The numbers of days for production to decline to previous levels = 12
INCREMENTAL INCREASE IN MONEY (DOLLARS):
(0.16 inches) × (12 days)(1.17 barrel)(15 dollars)= 776 U.S.Dollars
Cost Basis: $1.00 per 9.5 pounds of oxygen
Basis-Servicing cost estimate at the materials costs =$148 U.S.
Total Cost = 297 U.S. Dollars
Basis on going operation
Field Teat # 2
Field History and Description
The test is on a five spot water flooded field with produced salt water being batch injected as it is produced. The lease is 160 acres (64.7 ha.) with a separate reservoir which borders one end of a larger reservoir. These two reservoirs defined by drilling are 811 acres (328.2 ha.). These reservoir produced 2 1/2 million bbls. (397,500 m-3) of oil on primary production from discovery in 1954 to 1974. There was a pilot water flood on 25% on the reservoirs between 1974 and 1979 with 4 million barrels (636,000 m-3) of fresh water injected of which only 60,000 barrels (9540 m-3) of salt water and 30,000 barrels (4770 m-3) of oil were produced. A water injection pressure of 1300 psi (8960 kPa) was reached. The majority of the reservoirs and all of it after 1979 was on stripper, salt water injected production, total production was depleted to about 6 b/d (0.95 m-3/d) in August 1989.
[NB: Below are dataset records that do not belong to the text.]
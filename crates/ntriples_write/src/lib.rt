// Rows of a table written as canonical N-Triples, with the texts of a dictionary.
#![tactic(auto)]

ghost use Rattle.std.specs.Prelude.{◌≡◌, true, length, replicate, Err};
ghost use Rattle.spec.specs.inside.Laid.{Laid};
ghost use Rattle.spec_ntriples.specs.Dictionary.{entries, is_dictionary};
ghost use Rattle.spec_writing.specs.Writing.{written, write_rows, write_statements, write_facts, write_kept};
ghost use Rattle.dictionary_bytes.specs.inside.Entries.{FilledBy};

use dictionary_bytes::Filled;
use dictionary_check::check_dictionary;
use dictionary_places::index_places;
use dictionary_ranks::no_places;
use ntriples_have_texts::have_texts;
use ntriples_rows::write_rows;
use ntriples_zero::clear;
use spec::Reply;
use table_check::{is_fact_table, is_kept_table, is_statement_table};

// Refuses by a number: the whole output becomes zero.
fn refuse(number: u32, out: &mut [u8]) -> Reply
    ensures { written result out.new ≡ written (Err number) (replicate (length out.old) 0) }
{
    clear(out);
    Err(number)
}

// Writes the rows of a well-formed table with a well-formed dictionary, which is filled so far: question 16, then question 8 with the lines.
fn write_lines(table: &[u32], dictionary: &[u8], f: Filled, out: &mut [u8]) -> Reply
    requires laid { Laid table.now }
    requires dictionary_value { (is_dictionary dictionary.now ≡ true) × FilledBy dictionary.now f (entries dictionary.now) }
    ensures { written result out.new ≡ write_rows true table.now dictionary.now (length out.old) }
{
    if !have_texts(table, f) {
        return refuse(16, out);
    }
    let mut places = no_places();
    index_places(dictionary, f, &mut places);
    write_rows(table, dictionary, f, &places, out)
}

// Writes the rows of a table that is well formed or not: questions 1, 16 and 8, in this order, and the lines. Refused, the output is zero.
fn write_table(formed: bool, table: &[u32], dictionary: &[u8], out: &mut [u8]) -> Reply
    requires { formed ≡ true → Laid table.now }
    ensures { written result out.new ≡ write_rows formed table.now dictionary.now (length out.old) }
{
    if !formed {
        return refuse(1, out);
    }
    match check_dictionary(dictionary) {
        None => refuse(1, out),
        Some(f) => write_lines(table, dictionary, f, out),
    }
}

// Writes the statements.
pub fn write_statements(table: &[u32], dictionary: &[u8], out: &mut [u8]) -> Reply
    ensures { written result out.new ≡ write_statements table.now dictionary.now (length out.old) }
{
    write_table(is_statement_table(table), table, dictionary, out)
}

// Writes the facts.
pub fn write_facts(table: &[u32], dictionary: &[u8], out: &mut [u8]) -> Reply
    ensures { written result out.new ≡ write_facts table.now dictionary.now (length out.old) }
{
    write_table(is_fact_table(table), table, dictionary, out)
}

// Writes the kept facts, without their supports.
pub fn write_kept(table: &[u32], dictionary: &[u8], out: &mut [u8]) -> Reply
    ensures { written result out.new ≡ write_kept table.now dictionary.now (length out.old) }
{
    write_table(is_kept_table(table), table, dictionary, out)
}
This pilot water flood was done 9% on the reservoir which water/liquid oxygen injection was done. The high water injection pressure approached the tlacture pressure of the shale cap rock. Jim Hester had worked the lease for two years and reviewed data on the previous work on the oil field. His belief is that injected fresh water went to a shallower zone and the high paraffin content of the oil was such that the injected water did not displace the oil. Based on a study of cores, the water flooding of the reservoirs should produce 1.85 to 2.67 × 106 bbl.(2.94 to 4.24 × 105 m-3) of oil.
Equipment and Theory
This test was done with a reservoir which produced a light high paraffin oil in the believe that there would be an oxygen-oil reaction over coming the paraffin blockage of the formation problem. Beyond the paraffin oxygen reaction possibility the theory was the same as with the frst field test. With this field test a liquid oxygen pump with a 600 gallon liquid oxygen feed tank was used. The Piping, Instrumentation and Equipment (PI & E) diagram is shown in Figure 3, "P I & E Diagram for the Second Field Test."
Field Work
On August 11, 1989 Jim Hester and Len Andersen surveyed the lease and made plans to do a field test. To determine the reservoirs response to the injection of the produced salt water with liquid oxygen. On October 1989 a liquid oxygen canister of 250 lb (114 Kg.) of liquid oxygen driven by four 240 scf gas cylinders was injected with salt water. The water injection pressure went to 510 psi (3516 kpa) in 44 minutes. Previously the water injection pressure would go between 0 and 230 psi (0 and 1590 kPa). After the salt water/ liquid oxygen injection, the injection well head pressure varied from 120 to 430 psi (827 to 2965 kPa). On November 1989, 33 days after the salt water/ liquid oxygen injection the high pressure of 430 psi (2965 KPa) was followed by a pressure of 416 psi (2827 kpa) with the next salt water injection.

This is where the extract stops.